Representation and warranty insurance (RWI) provides insurance against certain indemnifiable losses that may be incurred if there has been a breach of a representation or warranty. The insurer takes a fee in exchange for assuming the risk of such loss. Often, the insurance will provide excess coverage only in the event losses are greater than the escrow amount or will only insure against certain types of claims (such as environmental or intellectual property matters).
In SRS Acquiom’s experience, the parties on many deals decline to purchase this insurance because they perceive the cost to be too great for the risk that is being mitigated.1 Since it is rare for escrows to be wiped out completely, having insurance that provides coverage above the escrow is not typically seen as having a high probability of coming into play. Similarly, if there is a known risk related to a certain issue, the insurance provider understandably is going to charge a high premium to assume that exposure.
However, there are situations in which RWI makes sense and is used. First, some pooled investment vehicles like venture and private equity funds will need a high level of certainty that under no circumstances will they be required to contribute money back in connection with a transaction. For instance, some end-of-life funds will be looking to wrap up operations and dissolve the fund. In order to do so, they will want to know that all remaining liabilities and contingent liabilities have been satisfied. Other funds will want to distribute closing proceeds to their investors as quickly as possible without holding more than is necessary as reserves. In either case, RWI provides comfort that even in the unlikely event that a claim exceeds the escrow amount, the former stockholders should not need to pay back any portion of the closing proceeds. Note, however, that RWI usually lowers this risk, but does not wholly eliminate it. In the extreme example of a claim that would require repayment of the entire purchase price or any amount in excess of the RWI coverage, the stockholders would still be on the hook. Even if the acquirer agrees that most claims are limited to the escrow plus insurance, there could still be exposure to claims of fraud.

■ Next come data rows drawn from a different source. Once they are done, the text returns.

//! A file as it stood after some of the calls of a host in memory.
ghost use Rattle.std.specs.Prelude.{◌≡◌, ◌+◌, ◌<◌, ◌≤◌, ℕ, [], ◌∷◌, length, take, reverse, min, if◌then◌else◌, sum_by, fold, slice_index, unwrap_or, vec_len, vec_capacity, IfOk, OnOk};
ghost use Rattle.std.specs.List.{list_any};
ghost use Rattle.kh_io.specs.Disk.{put};
ghost use Rattle.kh_io.specs.FileState.{FileState, synced, written, cut_to, after, is_within};
ghost use Rattle.kh_io.specs.Entry.{byte_count, call_of, calls_of};
ghost use Rattle.kh_io.specs.Replay.{Replayed, Shows, is_loose_at, IsFilled};

use crate::journal::Entry;
use crate::{FileBytes, NoMemory, contents};
use std::alloc::Global;
use std::marker::Model;

/// What a read gave of a file, and what of it a crash might have left otherwise.
#[derive(Drop)]
pub struct Replay {
    bytes: Vec<u8>,
    least: u64,
    loose: Vec<(u64, usize)>,
}

impl Model for Replay {
    ghost use Rattle.std.specs.Prelude.{reverse};
    ghost use Rattle.kh_io.specs.Replay.{Replayed};

    ghost Value = { Replayed };

    ghost view = { λ r. record { bytes = r.bytes.items; least = r.least; loose = reverse r.loose.items } };
}

impl Replay {
    /// A file of which a crash leaves what a read gives.
    pub fn new(alloc: Global, bytes: &[u8]) -> Result<Replay, NoMemory>
        ensures { IfOk result (λ r. r ≡ record {
          bytes = bytes.now;
          least = length bytes.now;
          loose = [];
        }) }
    {
        Ok(Replay {
            bytes: bytes.to_vec(alloc)?,
            least: bytes.len() as u64,
            loose: Vec::new(alloc),
        })
    }

    fn write(&mut self, at: u64, bytes: &[u8], done: bool) -> Result<(), NoMemory>
        ensures { OnOk result (self.new ≡ record {
          bytes = if done then put self.old.bytes at bytes.now else self.old.bytes;
          least = self.old.least;
          loose = (at, length bytes.now) ∷ self.old.loose;
        }) }
    {
        self.loose.push((at, bytes.len()))?;
        if done {
            self.bytes.reserve(bytes.len())?;
            let place = self.bytes.len().min(at as usize);
            contents::put(&mut self.bytes, place, bytes);
        }
        Ok(())
    }

    fn cut(&mut self, len: u64, done: bool)
        ensures { self.new ≡ record {
          bytes = if done then take len self.old.bytes else self.old.bytes;
          least = min self.old.least len;
          loose = self.old.loose;
        } }
    {
        self.least = self.least.min(len);
        if done {
            self.bytes.truncate(len as usize);
        }
    }

    fn sync(&mut self)
        ensures { self.new ≡ record {
          bytes = self.old.bytes;
          least = length self.old.bytes;
          loose = [];
        } }
    {
        self.least = self.bytes.len() as u64;
        self.loose.clear();
    }

    /// The file of this number after one more call.
    pub fn step(&mut self, file: u8, entry: &Entry, bytes: &[u8]) -> Result<(), NoMemory>
        ensures { OnOk result ((s : FileState) → Shows s self.old
            → Shows (after file s (call_of entry.now bytes.now)) self.new) }
    {
        match *entry {
            Entry::Written {
                file: this,
                at,
                done,
                ..
            } if this == file => self.write(at, bytes, done)?,
            Entry::CutTo {
                file: this,
                len,
                done,
            } if this == file => self.cut(len, done),
            Entry::Synced { file: this, done } if this == file && done => self.sync(),
            _ => {}
        }
        Ok(())
    }

    /// The crash image with the length that a read finds, each byte that isn't yet safe as written, or this byte.
    pub fn filled(self, fill: Option<u8>) -> FileBytes
        ensures { (s : FileState) → Shows s self → IsFilled s fill result }
    {
        let Some(byte) = fill else {
            return FileBytes::new(self.bytes);
        };
        let mut bytes = self.bytes;
        overwrite(&mut bytes, self.least, &self.loose, byte);
        FileBytes::new(bytes)
    }
}

// Whether a place lies in a range, given as its place and its length.
fn is_within(range: (u64, usize), i: u64) -> bool
    ensures { result ≡ is_within i range }
{
    range.0 <= i && i - range.0 < range.1 as u64
}

// Whether a place lies in one of the ranges.
fn is_in_any(ranges: &[(u64, usize)], i: u64) -> bool
    ensures { result ≡ list_any (is_within i) ranges.now }
{
    ranges.iter().any(|range| is_within(*range, i))
}

// Puts a byte in the place of each that isn't yet safe.
fn overwrite(bytes: &mut [u8], least: u64, loose: &[(u64, usize)], byte: u8)
    ensures { (i : ℕ) → i < length bytes.new
        → slice_index bytes.new i ≡
        (if is_loose_at least loose.now i then byte else slice_index bytes.old i) }
{
    for (i, old) in bytes.iter_mut().enumerate() {
        if i as u64 >= least || is_in_any(loose, i as u64) {
            *old = byte;
        }
    }
}

/// A file after these entries, whose bytes follow one another.
pub fn replayed(
    alloc: Global,
    first: &[u8],
    entries: &[Entry],
    bytes: &[u8],
    file: u8,
) -> Result<Replay, NoMemory>
    requires { sum_by byte_count entries.now ≤ length bytes.now }
    ensures { IfOk result (λ r. Shows
        (fold (after file) (synced first.now) (calls_of entries.now bytes.now)) r) }
{
    let mut replay = Replay::new(alloc, first)?;
    let mut from = 0;
    for entry in entries {
        let to = from + entry.bytes();
        replay.step(file, entry, &bytes[from..to])?;
        from = to;
    }
    Ok(replay)
}
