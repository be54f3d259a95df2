//! The calls of a host in memory, with the bytes that they move.
ghost use Rattle.std.specs.Prelude.{◌≡◌, ◌+◌, ◌*◌, ◌/◌, ◌<◌, ◌≤◌, ◌↔◌, ℕ, List, [], ◌∷◌, ◌++◌, length, IfOk, IsTrue, vec_len, vec_capacity, sum_by, fold, take};
ghost use Rattle.kh_io.specs.JournalState.{JournalState, Fits};

use crate::replay::{self, Replay};
use crate::{NoMemory, room};
use std::alloc::Global;
use std::marker::Model;

/// What each call takes of the room beside its bytes.
const PER_CALL: u64 = 64;

/// A call without its bytes.
#[derive(Clone, Copy)]
pub enum Entry {
    Taken {
        asked: usize,
        count: Option<usize>,
    },
    Given {
        len: usize,
        count: Option<usize>,
    },
    Asked {
        file: u8,
        len: Option<u64>,
    },
    Read {
        file: u8,
        at: u64,
        asked: usize,
        count: Option<usize>,
    },
    Written {
        file: u8,
        at: u64,
        len: usize,
        done: bool,
    },
    CutTo {
        file: u8,
        len: u64,
        done: bool,
    },
    Synced {
        file: u8,
        done: bool,
    },
}

impl Entry {
    ghost use Rattle.kh_io.specs.Entry.{byte_count};

    /// How many bytes belong to the entry.
    pub fn bytes(&self) -> usize
        ensures { result ≡ byte_count self.now }
    {
        match *self {
            Entry::Taken { count, .. } | Entry::Read { count, .. } => count.unwrap_or(0),
            Entry::Given { len, .. } | Entry::Written { len, .. } => len,
            Entry::Asked { .. } | Entry::CutTo { .. } | Entry::Synced { .. } => 0,
        }
    }
}

/// The calls so far, and room for more.
#[derive(Drop)]
pub struct Journal {
    entries: Vec<Entry>,
    bytes: Vec<u8>,
    room: u64,
}

impl Model for Journal {
    ghost use Rattle.std.specs.Prelude.{◌≡◌, ◌+◌, ◌*◌, ◌/◌, ◌≤◌, ℕ, length, sum_by, vec_capacity};
    ghost use Rattle.kh_io.specs.JournalState.{JournalState};

    ghost Value = { JournalState };

    ghost use Rattle.kh_io.specs.Entry.{calls_of, byte_count};

    ghost view = { λ j. record { calls = calls_of j.entries.items j.bytes.items; room = j.room } };

    ghost invariant = { λ j. (sum_by byte_count j.entries.items ≡ length j.bytes.items)
        × (64 * length j.entries.items + length j.bytes.items ≤ j.room)
        × (j.room / 64 ≤ vec_capacity j.entries)
        × (j.room ≤ vec_capacity j.bytes) };
}

impl Journal {
    ghost use Rattle.kh_io.specs.Entry.{byte_count, call_of};
    ghost use Rattle.kh_io.specs.FileState.{synced, after};
    ghost use Rattle.kh_io.specs.Replay.{Shows};

    /// An empty journal, which takes the memory of its room.
    pub fn new(alloc: Global, room: u64) -> Result<Journal, NoMemory>
        ensures { IfOk result (λ j. j ≡ record { calls = []; room = room }) }
    {
        let entries = Vec::with_capacity(alloc, (room / PER_CALL) as usize)?;
        let bytes = Vec::with_capacity(alloc, room as usize)?;
        Ok(Journal {
            entries,
            bytes,
            room,
        })
    }

    /// The number of calls.
    pub fn len(&self) -> usize
        ensures { result ≡ length self.now.calls }
    {
        self.entries.len()
    }

    /// Whether one more call that moves n bytes is within the room.
    pub fn fits(&self, n: usize) -> bool
        ensures { IsTrue result ↔ Fits self.now.calls self.now.room n }
    {
        let used = PER_CALL * self.entries.len() as u64 + self.bytes.len() as u64;
        let free = self.room - used;
        free >= PER_CALL && free - PER_CALL >= n as u64
    }

    /// Adds a call.
    pub fn add(&mut self, entry: Entry, bytes: &[u8])
        requires sizes { byte_count entry ≡ length bytes.now }
        requires fits { Fits self.old.calls self.old.room (length bytes.now) }
        ensures { self.new ≡ record {
          calls = self.old.calls ++ call_of entry bytes.now ∷ [];
          room = self.old.room;
        } }
    {
        self.entries.push_reserved(entry);
        room::append(&mut self.bytes, bytes);
    }

    /// A file of these bytes after the first calls.
    pub fn replay(
        &self,
        alloc: Global,
        calls: usize,
        first: &[u8],
        file: u8,
    ) -> Result<Replay, NoMemory>
        requires { calls ≤ length self.now.calls }
        ensures { IfOk result (λ r. Shows
            (fold (after file) (synced first.now) (take calls self.now.calls)) r) }
    {
        replay::replayed(alloc, first, &self.entries[..calls], &self.bytes, file)
    }
}
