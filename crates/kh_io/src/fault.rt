//! Why a call of the real host failed, in words for whoever runs the program.
use std::fs::{self, File, TryLockError};
use std::io;
use std::rt::Files;
use thiserror::Error;

/// What failed: a call on a file or a stream, with the system's word for it, or the lock of the folder, which another process has.
#[derive(Clone, Copy, Debug, Drop, Error)]
pub enum Fault {
    #[error("another process has the store open")]
    InUse,
    #[error("{name}: {call}: {error}")]
    Call {
        name: &'static str,
        call: &'static str,
        error: io::Error,
    },
}

impl Fault {
    /// This call on this file or stream failed.
    pub fn of(name: &'static str, call: &'static str, error: io::Error) -> Fault {
        Fault::Call { name, call, error }
    }
}

/// Opens the null device as often as there are standard streams, so that none that is closed gives its number to a file that is
/// opened later: reading it finds its end, and writing it fails. To be called before any file is opened, and kept to the end.
pub fn hold_streams<R: Files>(rt: &R) -> Result<(R::File, R::File, R::File), Fault> {
    Ok((null(rt)?, null(rt)?, null(rt)?))
}

// The null device, for reading alone.
fn null<R: Files>(rt: &R) -> Result<R::File, Fault> {
    fs::open(rt, "/dev/null").map_err(|error| Fault::of("/dev/null", "open", error))
}

/// Locks the working folder until the file that is returned is closed. The lock is taken by every process that runs the store.
///
/// # Errors
/// `InUse` where another process has it, else the call that failed.
pub fn lock_folder<R: Files<File = File>>(rt: &R) -> Result<File, Fault> {
    let folder = fs::open(rt, ".").map_err(|error| Fault::of(".", "open", error))?;
    match folder.try_lock() {
        Ok(()) => Ok(folder),
        Err(TryLockError::WouldBlock) => Err(Fault::InUse),
        Err(TryLockError::Error(error)) => Err(Fault::of(".", "lock", error)),
    }
}
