//! The bytes of the four files of a host in memory, with memory for more.
ghost use Rattle.std.specs.Prelude.{◌≡◌, ◌+◌, ◌-◌, ◌<◌, ◌≤◌, ◌++◌, length, take, drop, vec_len, vec_capacity, IfOk};
ghost use Rattle.kh_io.specs.Disk.{file_of, put};
ghost use Rattle.kh_io.specs.Contents.{Held, with_file};

use crate::{Files, NoMemory, room};
use std::alloc::Global;
use std::marker::Model;

/// The files as a read finds them.
#[derive(Drop)]
pub struct Contents {
    s0: Vec<u8>,
    l0: Vec<u8>,
    s1: Vec<u8>,
    l1: Vec<u8>,
    free: u64,
}

impl Model for Contents {
    ghost use Rattle.std.specs.Prelude.{◌≤◌, ◌+◌, vec_len, vec_capacity};
    ghost use Rattle.kh_io.specs.Contents.{Held};

    ghost Value = { Held };

    ghost view = { λ c. record { files = record { s0 = c.s0.items; l0 = c.l0.items; s1 = c.s1.items; l1 = c.l1.items }; free = c.free } };

    ghost invariant = { λ c. (vec_len c.s0 + c.free ≤ vec_capacity c.s0)
        × (vec_len c.l0 + c.free ≤ vec_capacity c.l0)
        × (vec_len c.s1 + c.free ≤ vec_capacity c.s1)
        × (vec_len c.l1 + c.free ≤ vec_capacity c.l1) };
}

// A copy, with memory for this many bytes more.
fn copied(alloc: Global, bytes: &[u8], free: usize) -> Result<Vec<u8>, NoMemory>
    ensures items { IfOk result (λ v. v.items ≡ bytes.now) }
    ensures free { IfOk result (λ v. vec_len v + free ≤ vec_capacity v) }
{
    let mut all = Vec::new(alloc);
    let len = bytes.len().checked_add(free).ok_or(NoMemory)?;
    all.reserve(len)?;
    room::append(&mut all, bytes);
    Ok(all)
}

/// Puts bytes in the place of those that stand there, and past the end.
pub fn put(into: &mut Vec<u8>, at: usize, bytes: &[u8])
    requires place { at ≤ vec_len into.old }
    requires room { vec_len into.old + length bytes.now ≤ vec_capacity into.old }
    ensures items { into.new.items ≡ put into.old.items at bytes.now }
    ensures len { vec_len into.new ≤ vec_len into.old + length bytes.now }
    ensures capacity { vec_capacity into.old ≤ vec_capacity into.new }
{
    let over = bytes.len().min(into.len() - at);
    into[at..at + over].copy_from_slice(&bytes[..over]);
    room::append(into, &bytes[over..]);
}

impl Contents {
    /// A copy of these files, with memory for this many bytes more in each.
    pub fn new(alloc: Global, files: &Files, free: u64) -> Result<Contents, NoMemory>
        ensures { IfOk result (λ c. c ≡ record { files = files.now; free = free }) }
    {
        Ok(Contents {
            s0: copied(alloc, files.s0.as_slice(), free as usize)?,
            l0: copied(alloc, files.l0.as_slice(), free as usize)?,
            s1: copied(alloc, files.s1.as_slice(), free as usize)?,
            l1: copied(alloc, files.l1.as_slice(), free as usize)?,
            free,
        })
    }

    /// The bytes of a file.
    pub fn get(&self, file: u8) -> &[u8]
        requires { file < 4 }
        ensures { result.now ≡ file_of self.now.files file }
    {
        match file {
            0 => &self.s0,
            1 => &self.l0,
            2 => &self.s1,
            _ => &self.l1,
        }
    }

    /// Puts bytes into a file.
    pub fn put(&mut self, file: u8, at: usize, bytes: &[u8])
        requires file { file < 4 }
        requires place { at ≤ length (file_of self.old.files file) }
        requires room { length bytes.now ≤ self.old.free }
        ensures { self.new ≡ record {
          files = with_file self.old.files file (put (file_of self.old.files file) at bytes.now);
          free = self.old.free - length bytes.now;
        } }
    {
        self.free -= bytes.len() as u64;
        match file {
            0 => put(&mut self.s0, at, bytes),
            1 => put(&mut self.l0, at, bytes),
            2 => put(&mut self.s1, at, bytes),
            _ => put(&mut self.l1, at, bytes),
        }
    }

    /// Cuts a file to a length.
    pub fn cut(&mut self, file: u8, len: usize)
        requires { file < 4 }
        ensures { self.new ≡ record {
          files = with_file self.old.files file (take len (file_of self.old.files file));
          free = self.old.free;
        } }
    {
        match file {
            0 => self.s0.truncate(len),
            1 => self.l0.truncate(len),
            2 => self.s1.truncate(len),
            _ => self.l1.truncate(len),
        }
    }
}
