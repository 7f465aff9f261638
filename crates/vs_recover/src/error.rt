// Why nothing was recovered.
ghost use Rattle.std.specs.Prelude.{◌≡◌};
ghost use Rattle.vs_recover.specs.Faults.{error_of};

use std::alloc::{AllocError, AllocFailed};
use vs_host::Failed;

/// Why no text is recovered and no file is to be salvaged.
#[derive(Clone, Copy, Debug, PartialEq, Eq)]
pub enum RecErr {
    /// There is no swap file.
    NoSwap,
    /// No file stands, and one is encrypted.
    Encrypted,
    /// No file stands, and none has a page 0 that reads.
    NotSwap,
    /// No file stands, and page 0 of one reads.
    NotTree,
    /// A call on the folder failed.
    Failed,
    /// There was no memory.
    NoMemory,
}

/// Why a file could not be read.
#[derive(Clone, Copy, Debug, PartialEq, Eq)]
pub enum Fault {
    /// A call on the folder failed.
    Failed,
    /// There was no memory.
    NoMemory,
}

impl From<Failed> for Fault {
    ghost use Rattle.vs_recover.specs.declared.error.Fault.TheVariants as error;

    ghost from_gives = { λ _ e. e ≡ error.Failed };

    fn from(_: Failed) -> Self {
        Fault::Failed
    }
}

impl From<AllocError> for Fault {
    ghost use Rattle.vs_recover.specs.declared.error.Fault.TheVariants.{NoMemory};

    ghost from_gives = { λ _ e. e ≡ NoMemory };

    fn from(_error: AllocError) -> Self {
        Fault::NoMemory
    }
}

impl<T: Drop> From<AllocFailed<T>> for Fault {
    ghost use Rattle.vs_recover.specs.declared.error.Fault.TheVariants.{NoMemory};

    ghost from_gives = { λ _ e. e ≡ NoMemory };

    fn from(_error: AllocFailed<T>) -> Self {
        Fault::NoMemory
    }
}

/// The error that a fault is.
pub fn error_of(fault: Fault) -> RecErr
    ensures { result ≡ error_of fault }
{
    match fault {
        Fault::Failed => RecErr::Failed,
        Fault::NoMemory => RecErr::NoMemory,
    }
}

Second, on some transactions, there may be a specific operational issue related to the target company that presents a hurdle to getting the deal closed. The issue maybe unusually risky, or the nature of the issue may present bigger issues for the buyer. For instance, the buyer could say that it acknowledges that the risk of a claim that the target improperly paid a foreign official seems to be low but that the buyer cannot have any exposure to it whatsoever. In that case, the parties might want to specifically insure against such issue if it can be done at a reasonable price.
The challenge with RWI policies is that they are complicated and can contain numerous exceptions. Sellers need to understand the risks implicit in the representations and warranties given by the target company to the buyer and ensure that the policy covers such risks. Particular attention should be paid to the circumstances under which payments will and will not be made under the policy. As noted above, many will not pay out prior to the escrow first being extinguished. Other restrictions include caps on total payouts, and limits on the time in which the claim must be submitted. The administrator of such a policy (usually the shareholder representative) needs to be fully aware of the required claim policies and procedures. Similar to the timelines required under merger agreements for responding to claims, RWI policies often have strict guidelines for reporting claims that might be payable by the insurance provider. Failure to comply with such terms could limit the insured’s ability to recover under the policy. Further, RWI policies may limit the representative from selecting counsel or may only partially cover the cost of such counsel. Given these restrictions, the shareholders need to make sure the policy really provides the protection they think they are getting.
When purchasing RWI, sellers are advised to consult with specialized insurance counsel. There are also specialized consultants who can assist in risk analysis and negotiation of coverage and are unaffiliated with the insurance companies and insurance brokers. Finally, sellers should ensure the shareholder representative is familiar with such policies, has negotiated their role in such coverage and has the necessary experience to ensure compliance with the administrative and claim obligations required.
RWI may be a valuable adjunct to the management of investor risk with respect to M&A post-closing claims, but buying the insurance and managing claims requires specialized expertise.
1 SRS Acquiom notes, however, that the use of RWI seems to be on the rise.